La nueva
Esta semana se inicia una segunda fase de la Convención. Cierto: se trata de la misma Convención y quienes la constituyen siguen siendo los mismos; pero algo en ella habrá cambiado.
Las instituciones cambian cuando cambian sus urgencias, cuando las tareas que justifican su existencia se modifican cuando los deberes que pesan sobre sus miembros se hacen flagrantes.
Y eso es justamente lo que, por estas fechas, le ocurre a la Convención.

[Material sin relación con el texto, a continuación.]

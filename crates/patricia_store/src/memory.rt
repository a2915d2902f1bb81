//! Memory that is given back early.
ghost use Rattle.std.specs.Prelude.{◌≡◌, ◌+◌, ◌≤◌, vec_len, vec_capacity};
ghost use Rattle.patricia_store.specs.Internal.Packing.{most};

/// Gives a list back, in a block that was made small before. Once glibc's allocator frees a large
/// block, it takes others of that size from its heap, whose end it keeps.
pub fn give_back<T: Drop>(mut list: Vec<T>) {
    list.truncate(1);
    list.shrink_to(1);
}

/// Gives back what was written behind the items, and makes room for half as many more, or for as
/// many as there was room for, if that is less. Where that is refused there is room for two.
pub fn renew_room<T>(items: &mut Vec<T>)
    requires { vec_len items.old ≤ most }
    ensures items { items.new.items ≡ items.old.items }
    ensures len { vec_len items.new ≡ vec_len items.old }
    ensures room { vec_len items.old + 2 ≤ vec_capacity items.old
        → vec_len items.old + 2 ≤ vec_capacity items.new }
{
    let len = items.len();
    let more = (items.capacity() - len).min(len / 2 + 4);
    items.shrink_to(len + 2);
    let _room = items.reserve_exact(more);
}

La primera fase que ahora concluye fue lo que, cuando se mira hacia atrás, puede ser descrito como un periodo performativo, un momento donde predominaron los gestos identitarios, las banderas, el fervor del triunfo obtenido o la desazón del fracaso que se experimentó en las urnas. Ahora se inicia otra fase que, a diferencia de esa que concluye, será más deliberativa que escénica; donde en vez de gestos identitarios se necesitarán argumentos; en vez de banderas textos y razones; y en la quienes entonces triunfaron afrontarán una prueba y quienes fracasaron podrían tener una segunda oportunidad.
Y es que al cabo de seis meses a contar de ahora la Convención deberá presentar un proyecto de nueva constitución para ser plebiscitado.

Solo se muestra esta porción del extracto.